C’era una volta l’economia domestica. E c’è ancora. Con una differenza: se un tempo la scuola provava a fornire i rudimenti della brava casalinga o del padre di famiglia tuttofare, oggi sono altre le competenze che si prova a trasmettere agli studenti, fin dalla più tenera età. Perchè non è mai troppo presto per capire come si maneggia il denaro, cosa sono gli interessi, come si amministra, per esempio, una carta prepagata. L’educazione finanziaria entra in classe grazie al progetto realizzato dalla Banca d’Italia in collaborazione con l’ufficio scolastico dell’Emilia-Romagna. L’obiettivo è formare gli insegnanti fornendo gli strumenti teorici, ma anche veri e propri manualetti per aiutare i ragazzi a comprendere i meccanismi alla base dell’economia e della finanza: l’ignoranza, in questo campo più che in altro, può indurre in errori che posto costare letteralmente molto cari.

maurizio rocca

Le crisi, come quelle che si sono susseguite negli ultimi anni, presuppongono consumatori consapevoli e competenti, che siano in grado di non sottostimare i rischi”, spiega il direttore regionale di Bankitalia, Maurizio Rocca.

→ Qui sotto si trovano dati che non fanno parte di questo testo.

ghost use Rattle.std.specs.Prelude.{OnOk};
ghost use Rattle.rsml_syntax.specs.grammar.Grammar as grammar;
ghost use Rattle.rsml_syntax.specs.helpers.Printing.{Writes};

use super::items::{Print, print_block, print_each, print_separated};
use super::printer::Printer;
use crate::syntax::{Amount, Cell, Guard, Phrase, Relation, Row, Simple};
use crate::token::{Mark, Word};
use rsml_base::{NoMemory, Text};

impl Print for Relation {
    ghost tokens = { grammar.relation };

    fn print(&self, printer: &mut Printer) -> Result<(), NoMemory> {
        let mark = match self {
            Relation::Equal => Mark::Equal,
            Relation::NotEqual => Mark::NotEqual,
            Relation::Less => Mark::Less,
            Relation::LessEqual => Mark::LessEqual,
            Relation::Greater => Mark::Greater,
            Relation::GreaterEqual => Mark::GreaterEqual,
        };
        printer.mark(mark)
    }
}

impl Print for Simple {
    ghost tokens = { grammar.simple };

    fn print(&self, printer: &mut Printer) -> Result<(), NoMemory> {
        match self {
            Simple::In(path) => {
                printer.word(Word::In)?;
                print_separated(Mark::Dot, path.as_slice(), printer)
            }
            Simple::Macro(mention) => {
                printer.word(Word::Macro)?;
                mention.print(printer)
            }
            Simple::Compare {
                left,
                relation,
                right,
            } => {
                left.print(printer)?;
                relation.print(printer)?;
                right.print(printer)
            }
            Simple::Function {
                function,
                relation,
                right,
            } => {
                printer.word(Word::Function)?;
                function.print(printer)?;
                relation.print(printer)?;
                right.print(printer)
            }
        }
    }
}

fn print_quantified(
    quantifier: Word,
    variable: &Text,
    bound: &Amount,
    body: &Simple,
    printer: &mut Printer,
) -> Result<(), NoMemory>
    ensures { OnOk result (Writes printer.old printer.new (grammar.quantified quantifier variable.now bound.now body.now)) }
{
    printer.word(quantifier)?;
    printer.name(variable)?;
    printer.word(Word::Of)?;
    bound.print(printer)?;
    printer.mark(Mark::Colon)?;
    body.print(printer)
}

impl Print for Phrase {
    ghost tokens = { grammar.phrase };

    fn print(&self, printer: &mut Printer) -> Result<(), NoMemory> {
        match self {
            Phrase::Plain(body) => body.print(printer),
            Phrase::Any {
                variable,
                bound,
                body,
            } => print_quantified(Word::Any, variable, bound, body, printer),
            Phrase::Every {
                variable,
                bound,
                body,
            } => print_quantified(Word::Every, variable, bound, body, printer),
        }
    }
}

impl Print for Cell {
    ghost tokens = { grammar.cell };

    fn print(&self, printer: &mut Printer) -> Result<(), NoMemory> {
        match self {
            Cell::T => printer.word(Word::T),
            Cell::F => printer.word(Word::F),
            Cell::Dot => printer.mark(Mark::Dot),
        }
    }
}

impl Print for Row {
    ghost tokens = { grammar.row };

    fn print(&self, printer: &mut Printer) -> Result<(), NoMemory> {
        self.phrase.print(printer)?;
        printer.mark(Mark::Bar)?;
        print_each(self.cells.as_slice(), printer)?;
        printer.mark(Mark::Semicolon)
    }
}

/// The guard, after the word `when`.
impl Print for Guard {
    ghost tokens = { grammar.when_guard };

    fn print(&self, printer: &mut Printer) -> Result<(), NoMemory> {
        printer.word(Word::When)?;
        match self {
            Guard::Always => printer.word(Word::Always),
            Guard::Table(rows) => print_block(rows.as_slice(), printer),
        }
    }
}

Maggiore è la diffusione delle informazioni, maggiore è l’eguaglianza tra i cittadini. L’Italia ha dei problemi su questo fronte, ma la scuola può essere un canale fondamentale per diffondere le competenze in materia economica e finanziaria”, aggiunge Rocca. “In Italia tra c’è una forbice molto ampia tra competenze alte e altissime e competenze basse e bassissima. Siamo competentissimi e ignorantissimi con disparità a livello regionale. Le indagini dell’Ocse rappresentano un Paese non incapace, ma frantumato. Per noi che facciamo scuola questi dati sono mortificanti, ma anche una provocazione fortissima”, ammette il direttore dell’Ufficio scolastico regionale, Stefano Versari.

versari

Un tempo nelle scuole si insegnava economia domestica. Non stiamo scoprendo niente di nuovo. Quelle economiche sono competenze sfidanti di cui abbiamo necessità, anche alle elementari e alle medie: ci serve lì l’alfabetizzazione finanziaria, considerato anche l’alto numero di studenti di origine non italiana”, aggiunge.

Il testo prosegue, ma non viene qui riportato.